Screw speed (RPM)  300
Torque (%)         50-57
Feed rate (g/min)  6

TABLE 2
Mean pharmacokinetic parameters of test compound, treatment1 and treatment-2
	Control (with
PK	untreated extract)	Treatment-1	Treatment-2
parameters	Mean	SD	Mean	SD	Mean	SD
Tmax (h) @	3	NR	2	NR	3	NR
Cmax (ng/mL)	12.51	14.03	58.85	27.41	53.91	32.59
AUC0-24 h	101.12	131.36	358.04	157.05	398.92	233.99
(ng · h/mL)
AUC0-inf	2242.65#	NA	390.96	158.83	374.76$	NA
(ng · h/mL)
T1/2 (h)	134.65#	NA	6.62	1.97	3.21	NA
MRT last	7.46	4.19	7.61	1.32	8.41	4.77

Claims

1. A process for preparing a solid dispersion for improved therapeutic use, comprising:

i) blending 3β-hydroxyurs-12-en-28-oic acid, and a water-soluble polymer having a glass transition temperature lower than 284° C.;

ii) melt extruding the mixture at a temperature from about 50° C. to about 200° C.;

iii) grinding the melt extrudate; and

iv) blending the milled extrudate with excipients to form a pharmaceutical composition;

v) wherein said process is free from any solvent-associated processing steps; and

vi) said pharmaceutical composition has an increased bioavailability of at least two-folds over unprocessed material.

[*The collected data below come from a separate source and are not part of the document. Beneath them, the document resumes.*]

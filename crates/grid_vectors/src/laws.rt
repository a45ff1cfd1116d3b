//! Laws, each run once.
use crate::asserts::{Rows, assert_rows, grid_with};
use grid::{Grid, Order, Symmetry};
use grid_base::laws as symmetry_laws;
use std::test::Fail;
use test_support::fixtures::ORDERS;

// [[1, 2, 3], [4, 5, 6]] rotated counterclockwise and then flipped top to bottom is [[1, 4], [2, 5], [3, 6]].
const TURNED: Symmetry = Symmetry::RotateLeft;

const FLIPPED: Symmetry = Symmetry::FlipRows;

const WIDE: Rows = &[&[1, 2, 3], &[4, 5, 6]];

#[test]
fn joins_and_undoes_symmetries(rt: HostRuntime) -> Result<(), Fail> {
    let transposed = symmetry_laws::then_acts::<String>(TURNED, FLIPPED);
    assert_eq!(rt; transposed, Symmetry::Transpose);
    let back = symmetry_laws::inverse_acts::<String>(TURNED);
    assert_eq!(rt; back, Symmetry::RotateRight);
    Ok(())
}

#[test]
fn applies_what_is_joined(rt: HostRuntime) -> Result<(), Fail> {
    let mut grid = Grid::from_vec(vec![in rt.alloc(); 1, 2, 3, 4, 5, 6]?, 3);
    grid_laws::apply_then(&mut grid, TURNED, FLIPPED);
    assert_eq!(rt; grid.size(), (3, 2));
    assert_eq!(rt; grid.get(0, 1), Some(&4));
    grid_laws::apply_then_inverse(&mut grid, TURNED);
    assert_eq!(rt; grid.get(0, 1), Some(&4));
    Ok(())
}

// The calls that leave a grid as it was, and two flips that turn it by a half.
#[test]
fn keeps_what_is_turned_back(rt: HostRuntime) -> Result<(), Fail> {
    for order in ORDERS {
        let mut grid = grid_laws::rebuilt(grid_with(rt.alloc(), WIDE, order)?);
        grid_laws::rotate_right_then_left(&mut grid);
        grid_laws::rotate_left_four_times(&mut grid);
        assert_rows(&rt, rt.alloc(), &grid, WIDE, order)?;
        grid_laws::flip_rows_then_cols(&mut grid);
        assert_rows(&rt, rt.alloc(), &grid, &[&[6, 5, 4], &[3, 2, 1]], order)?;
    }
    Ok(())
}

// Of the cells around (0, 2) the first is (0, 1).
#[test]
fn steps_lead_to_neighbors(rt: HostRuntime) -> Result<(), Fail> {
    let grid = grid_with(rt.alloc(), WIDE, Order::ColumnMajor)?;
    let sized = 0 < grid.rows() && 2 < grid.cols();
    assert!(rt; sized);
    if sized {
        let sides = grid_paths::laws::sides_are_neighbors4(&grid, (0, 2)).next();
        let all = grid_paths::laws::all_are_neighbors8(&grid, (0, 2)).next();
        assert!(rt; sides == Some(((0, 1), &2)) && all == Some(((0, 1), &2)));
    }
    Ok(())
}
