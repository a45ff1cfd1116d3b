//! Cells that have no size, no default, or own memory, and texts of integers of other types.
use crate::asserts::{assert_made, assert_refused, assert_stored};
use grid::Order::{ColumnMajor, RowMajor};
use grid::{Grid, GridError, Order, Whole};
use std::alloc::{AllocError, Global};
use std::process::Abort;
use std::test::Fail;
use test_support::fixtures::{ORDERS, cut, joined_texts};
use test_support::line_edits::{LineAt, insert, push_row};

// A capacity needs no cells, so their type need have no value to begin with.
#[derive(Debug, PartialEq, Drop)]
struct Made(u8);

#[test]
fn makes_room_for_cells_without_a_default(rt: HostRuntime) {
    let made = Grid::<Made>::with_capacity_and_order(rt.alloc(), 2, 3, ColumnMajor);
    assert_made(&rt, made, (0, 0), ColumnMajor, &[]);
    let made = Grid::<Made>::with_capacity(rt.alloc(), 2, 3);
    assert_made(&rt, made, (0, 0), RowMajor, &[]);
}

#[test]
fn makes_cells_of_no_size(rt: HostRuntime) {
    let made = Grid::<()>::new(rt.alloc(), 2, 3);
    assert_made(&rt, made, (2, 3), RowMajor, &[(); 6]);
    let made = Grid::<()>::new(rt.alloc(), usize::MAX, 2);
    assert_refused(&rt, made, GridError::TooLarge);
    let made = Grid::<()>::new_with_order(rt.alloc(), usize::MAX, 2, ColumnMajor);
    assert_refused(&rt, made, GridError::TooLarge);
}

// A line of cells that have no size.
fn units(alloc: Global, len: usize) -> Result<Vec<()>, AllocError> {
    let mut line = Vec::new(alloc);
    for _ in 0..len {
        line.push(())?;
    }
    Ok(line)
}

fn check_cells_of_no_size(rt: &impl Abort, alloc: Global, order: Order) -> Result<(), Fail> {
    let mut grid = Grid::<()>::new_with_order(alloc, 2, 3, order)?;
    push_row(&mut grid, units(alloc, 3)?)?;
    assert_stored(rt, &grid, (3, 3), order, &[(); 9]);
    assert_eq!(rt; grid.pop_col()?.map(|line| line.len()), Some(3));
    assert_stored(rt, &grid, (3, 2), order, &[(); 6]);
    grid.rotate_left();
    assert_eq!(rt; (grid.size(), grid.flatten().len()), ((2, 3), 6));
    Ok(())
}

fn check_padding_of_no_size(rt: &impl Abort, alloc: Global, order: Order) -> Result<(), Fail> {
    let mut grid = Grid::<()>::new_with_order(alloc, 1, 1, order)?;
    assert_eq!(rt; grid.expand_rows(usize::MAX), Err(GridError::TooLarge));
    assert_stored(rt, &grid, (1, 1), order, &[()]);
    grid.prepend_cols(2)?;
    assert_stored(rt, &grid, (1, 3), order, &[(); 3]);
    Ok(())
}

#[test]
fn edits_cells_of_no_size(rt: HostRuntime) -> Result<(), Fail> {
    for order in ORDERS {
        check_cells_of_no_size(&rt, rt.alloc(), order)?;
        check_padding_of_no_size(&rt, rt.alloc(), order)?;
    }
    Ok(())
}

// A line of texts of one letter each.
fn texts_of(alloc: Global, letters: &[&str]) -> Result<Vec<String>, AllocError> {
    let mut line = Vec::new(alloc);
    for letter in letters {
        line.push(String::from_str(alloc, *letter)?)?;
    }
    Ok(line)
}

fn assert_joined(
    rt: &impl Abort,
    alloc: Global,
    grid: &Grid<String>,
    want: &str,
) -> Result<(), AllocError> {
    let text = joined_texts(alloc, grid)?;
    assert_eq!(rt; text.as_str(), want);
    Ok(())
}

fn put_and_delete_texts(
    rt: &impl Abort,
    alloc: Global,
    grid: &mut Grid<String>,
) -> Result<(), Fail> {
    push_row(grid, texts_of(alloc, &["c"])?)?;
    assert!(rt; grid.delete_row(0));
    insert(grid, LineAt::Col(0), texts_of(alloc, &["d", "e"])?)?;
    assert_joined(rt, alloc, grid, "dbec")?;
    Ok(())
}

fn take_texts(rt: &impl Abort, alloc: Global, grid: &mut Grid<String>) -> Result<(), AllocError> {
    assert_eq!(rt; grid.pop_row()?.map(|line| line.len()), Some(2));
    assert_joined(rt, alloc, grid, "db")
}

#[test]
fn puts_deletes_and_takes_texts(rt: HostRuntime) -> Result<(), Fail> {
    let mut grid = Grid::from_vec(texts_of(rt.alloc(), &["a", "b"])?, 1);
    put_and_delete_texts(&rt, rt.alloc(), &mut grid)?;
    take_texts(&rt, rt.alloc(), &mut grid)?;
    Ok(())
}

fn check_pretty<T: Whole + Copy + Drop>(
    rt: &impl Abort,
    alloc: Global,
    (cells, cols): (&[T], usize),
    width: Option<usize>,
    want: &str,
) -> Result<(), Fail> {
    let grid = cut(Vec::from_slice(alloc, cells)?, cols, RowMajor)?;
    let text = grid.pretty(alloc, width)?;
    assert_eq!(rt; text.as_str(), want);
    Ok(())
}

#[test]
fn pretty_texts_of_other_integers(rt: HostRuntime) -> Result<(), Fail> {
    let ends = "[\n    [ 18446744073709551615,                    0]\n]";
    check_pretty(&rt, rt.alloc(), (&[u64::MAX, 0], 2), None, ends)?;
    check_pretty(&rt, rt.alloc(), (&[usize::MAX, 0], 2), None, ends)?;
    let negative = "[\n    [ -7]\n    [ 10]\n]";
    check_pretty::<i16>(&rt, rt.alloc(), (&[-7, 10], 1), Some(1), negative)?;
    check_pretty::<u8>(&rt, rt.alloc(), (&[], 0), None, "[]")
}
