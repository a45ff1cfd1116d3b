//! Cells that own memory are moved.
use grid::{Grid, Order};
use std::process::Abort;
use std::test::Fail;
use test_support::fixtures::{has_texts, letters};

#[test]
fn moves_texts(rt: HostRuntime) -> Result<(), Fail> {
    let mut grid = letters(rt.alloc(), Order::RowMajor)?;
    grid.transpose();
    assert_eq!(rt; grid.size(), (3, 2));
    assert!(rt; has_texts(&grid, Order::ColumnMajor, &["a", "b", "c", "d", "e", "f"]));
    grid.flip_rows();
    assert!(rt; has_texts(&grid, Order::ColumnMajor, &["c", "b", "a", "f", "e", "d"]));
    check_swap_of_texts(&rt, grid);
    Ok(())
}

fn check_swap_of_texts(rt: &impl Abort, mut grid: Grid<String>) {
    let (rows, cols) = grid.size();
    assert!(rt; 2 < rows && 1 < cols);
    grid.swap((0, 0), (2, 1));
    assert!(rt; has_texts(&grid, Order::ColumnMajor, &["d", "b", "a", "f", "e", "c"]));
    match grid.into_vec().as_slice() {
        [first, _, _, _, _, _] => assert_eq!(rt; first.as_str(), "d"),
        _ => panic!(rt; "six cells were stored"),
    }
}
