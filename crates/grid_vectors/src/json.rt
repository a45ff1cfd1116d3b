//! JSON with allocation refused cell by cell.
ghost use Rattle.std.specs.Prelude.{◌^◌, pos};
ghost use Rattle.grid_json.specs.Content.{whole, unsigned_content};

use grid::Grid;
use grid_json::{Cell, ReadError, from_value, to_value};
use serde_json::Value;
use std::alloc::{AllocError, Global};
use std::process::Abort;
use std::test::Fail;

// A byte for which there is no memory where it is 13.
#[derive(Clone, Copy)]
struct Scarce(u8);

impl Cell for Scarce {
    ghost content = { λ cell. whole (pos cell.0) };

    ghost read = { unsigned_content (2 ^ 8) };

    fn to_cell(&self, alloc: Global) -> Result<Value, AllocError> {
        if self.0 == 13 {
            return Err(AllocError);
        }
        self.0.to_cell(alloc)
    }

    fn from_cell(alloc: Global, value: &Value) -> Result<Option<Scarce>, AllocError> {
        match u8::from_cell(alloc, value)? {
            Some(13) => Err(AllocError),
            Some(number) => Ok(Some(Scarce(number))),
            None => Ok(None),
        }
    }
}

// Rows of two, whose cells are refused in turn, and the last of which has memory for each cell.
const CELLS: [[u8; 4]; 5] = [
    [13, 2, 3, 4],
    [1, 13, 3, 4],
    [1, 2, 13, 4],
    [1, 2, 3, 13],
    [1, 2, 3, 4],
];

// Whether a grid of these cells is written, and the grid is as before.
fn is_written(rt: &impl Abort, alloc: Global, cells: &[u8; 4]) -> Result<bool, Fail> {
    let mut scarce = Vec::new(alloc);
    for number in cells {
        scarce.push(Scarce(*number))?;
    }
    assert!(rt; scarce.len() % 2 == 0);
    let grid = Grid::from_vec(scarce, 2);
    let written = to_value(alloc, &grid).is_ok();
    for (cell, number) in grid.flatten().iter().zip(cells) {
        assert_eq!(rt; cell.0, *number);
    }
    Ok(written)
}

#[test]
fn refused_at_each_cell_that_is_written(rt: HostRuntime) -> Result<(), Fail> {
    for (index, cells) in CELLS.iter().enumerate() {
        assert_eq!(rt; is_written(&rt, rt.alloc(), cells)?, index == 4);
    }
    Ok(())
}

// Why a text is no grid of such cells.
fn refusal<T: Cell>(alloc: Global, text: &str) -> Result<Option<ReadError>, Fail> {
    let value = Value::from_str(alloc, text)?;
    match from_value::<T>(alloc, &value) {
        Ok(_) => Ok(None),
        Err(refused) => Ok(Some(refused)),
    }
}

const TEXTS: [&str; 4] = [
    "[2,[13,2,3,4]]",
    "[2,[1,13,3,4]]",
    r#"{"cols":2,"data":[1,2,13,4]}"#,
    r#"{"cols":2,"data":[1,2,3,13],"order":"ColumnMajor"}"#,
];

#[test]
fn refused_at_each_cell_that_is_read(rt: HostRuntime) -> Result<(), Fail> {
    for text in TEXTS {
        assert_eq!(rt;
            refusal::<Scarce>(rt.alloc(), text)?,
            Some(ReadError::Memory)
        );
    }
    assert_eq!(rt; refusal::<Scarce>(rt.alloc(), "[2,[1,2,3,4]]")?, None);
    Ok(())
}

// A fault before the refused cell is returned.
#[test]
fn faults_before_the_refused_cell(rt: HostRuntime) -> Result<(), Fail> {
    let early = refusal::<Scarce>(rt.alloc(), "[2,[300,13]]")?;
    assert_eq!(rt; early, Some(ReadError::BadCell(0)));
    let late = refusal::<Scarce>(rt.alloc(), "[-1,[13]]")?;
    assert_eq!(rt; late, Some(ReadError::BadCols));
    Ok(())
}
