//! A caller whose result no clause says.
use grid::Grid;
use grid_callers::loops::flood;
use std::test::Fail;

#[test]
fn floods_what_is_joined_by_sides(rt: HostRuntime) -> Result<(), Fail> {
    let mut grid = Grid::from_vec(vec![in rt.alloc(); 1u8, 1, 2, 2, 1, 1]?, 3);
    flood(rt.alloc(), &mut grid, (0, 0), 7)?;
    assert_eq!(rt; grid.flatten().as_slice(), [7, 7, 2, 2, 7, 7].as_slice());
    Ok(())
}
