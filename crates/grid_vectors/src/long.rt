//! Long inputs: that calls succeed on them, and that a deferred script turns no cells. No clause says either.
use grid::Grid;
use grid_json::{from_value, to_value};
use grid_play::play;
use std::alloc::{AllocError, Global};
use std::process::Abort;
use std::test::Fail;
use test_support::fixtures::Heap;
use test_support::fuse::Fuse;
use test_support::line_edits::push_row;

// How often the board of the script is turned. At once that would take minutes, a million cells each time.
const TURNS: usize = 90_000;

// A script of more than a megabyte.
fn many_turns(alloc: Global) -> Result<String, AllocError> {
    let mut script = String::from_str(alloc, "RowMajor 1 0\nexpand_rows 999\nexpand_cols 999\n")?;
    for _ in 0..TURNS {
        script.push_str("rotate_left\n")?;
    }
    script.push_str("delete_rows 0 999\ndelete_cols 0 999\n")?;
    Ok(script)
}

// What it writes.
fn many_replies(alloc: Global) -> Result<String, AllocError> {
    let mut output = String::new(alloc);
    for _ in 0..TURNS {
        output.push_str("ok\n")?;
    }
    output.push_str("ok\nok\nyes\nyes\n[[0]]\n")?;
    Ok(output)
}

#[test]
fn deferred_scripts_turn_no_cells(rt: HostRuntime) -> Result<(), Fail> {
    let script = many_turns(rt.alloc())?;
    let output = play(rt.alloc(), script.as_bytes(), true)?;
    assert!(rt; output == many_replies(rt.alloc())?);
    Ok(())
}

#[test]
fn long_values_are_read(rt: HostRuntime) -> Result<(), Fail> {
    let grid = Grid::from_fn(rt.alloc(), 500, 600, |(row, col)| {
        row.wrapping_mul(col) as u32
    })?;
    let value = to_value(rt.alloc(), &grid)?;
    let read: Grid<u32> = from_value(rt.alloc(), &value)?;
    assert!(rt; read == grid);
    Ok(())
}

// Whether five rows are pushed with one request for each, the line's own, after one for all.
fn makes_room(heap: &Heap) -> Result<bool, Fail> {
    let mut grid = Grid::with_capacity(heap, 5, 80)?;
    for _ in 0..5 {
        push_row(&mut grid, Vec::from_elem(heap, 1u8, 80)?)?;
    }
    Ok(heap.granted() == 6)
}

#[test]
fn room_for_all_cells_is_made_once(rt: HostRuntime) -> Result<(), Fail> {
    let heap = Fuse::new(rt.alloc(), 100);
    assert!(rt; makes_room(&heap)?);
    Ok(())
}
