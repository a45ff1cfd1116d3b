//! Regions of cells that equal one another and are different.
use grid::{Grid, Order};
use grid_paths::{Connectivity, fill_region};
use std::process::Abort;
use std::test::Fail;

// A region filled by -0, which equals 0.
fn assert_filled<R: AllocGlobal + Abort>(
    rt: &R,
    cells: [f64; 6],
    at: (usize, usize),
    want: &str,
) -> Result<(), Fail> {
    for order in [Order::RowMajor, Order::ColumnMajor] {
        let mut grid = Grid::from_vec(Vec::from_array(rt.alloc(), cells)?, 3);
        grid.lay_out(order);
        fill_region(&mut grid, at, Connectivity::Four, -0.0)?;
        assert_eq!(rt; format!(in rt.alloc(); "{grid:?}")?.as_str(), want);
    }
    Ok(())
}

#[test]
fn equal_cells_are_replaced(rt: HostRuntime) -> Result<(), Fail> {
    let right = "[[-0.0, 1.0, 0.0][1.0, 0.0, 0.0]]";
    assert_filled(&rt, [0.0, 1.0, 0.0, 1.0, 0.0, 0.0], (0, 0), right)?;
    let below = "[[-0.0, -0.0, -0.0][-0.0, -0.0, 1.0]]";
    assert_filled(&rt, [0.0, 0.0, 0.0, 0.0, 0.0, 1.0], (0, 1), below)?;
    let above = "[[1.0, -0.0, -0.0][-0.0, -0.0, -0.0]]";
    assert_filled(&rt, [1.0, 0.0, 0.0, 0.0, 0.0, 0.0], (1, 1), above)?;
    let all = "[[-0.0, -0.0, -0.0][-0.0, -0.0, -0.0]]";
    assert_filled(&rt, [0.0, 0.0, 0.0, 0.0, 0.0, 0.0], (1, 2), all)?;
    Ok(())
}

2. The process of claim 1, wherein the 3β-hydroxyurs-12-en-28-oic acid is a compound of formula:

3. The process of claim 1, wherein the 3β-hydroxyurs-12-en-28-oic acid is a chemical isolate, or salt or an extract containing 3β-hydroxyurs-12-en-28-oic acid.

4. The process of claim 1, wherein the water soluble polymer is selected from the group consisting of polyvinyl caprolactampolyvinyl acetate-polyethylene glycol graft copolymer, polyvinylpyrrolidone-vinyl acetate copolymer, polyethylene glycol, Eudragit® EPO, hypromellose acetate succinate and combination thereof.

5. The process of claim 1, wherein the water-soluble polymer is poly vinylpyrrolidone-vinyl acetate copolymer.

6. The process of claim 1, wherein said 3β-hydroxyurs-12-en-28-oic acid is about 5% to about 50% of the weight of the pharmaceutical composition as a finished product.

7. The process of claim 1, wherein said water-soluble polymer is about 5% to about 50% of the weight of the pharmaceutical composition as a finished product.

8. The process of claim 1, wherein the blend of said 3β-hydroxyurs-12-en-28-oic acid and said water-soluble polymer is melted while it passes through at least four heating zones, wherein a temperature of the heating zone is sequentially lowered.

9. The process of claim 1, wherein the pharmaceutical composition prepared according to the method has bioavailability improved at least four folds over unprocessed material.

10. The process of claim 1, wherein the pharmaceutical composition is meant for mammals.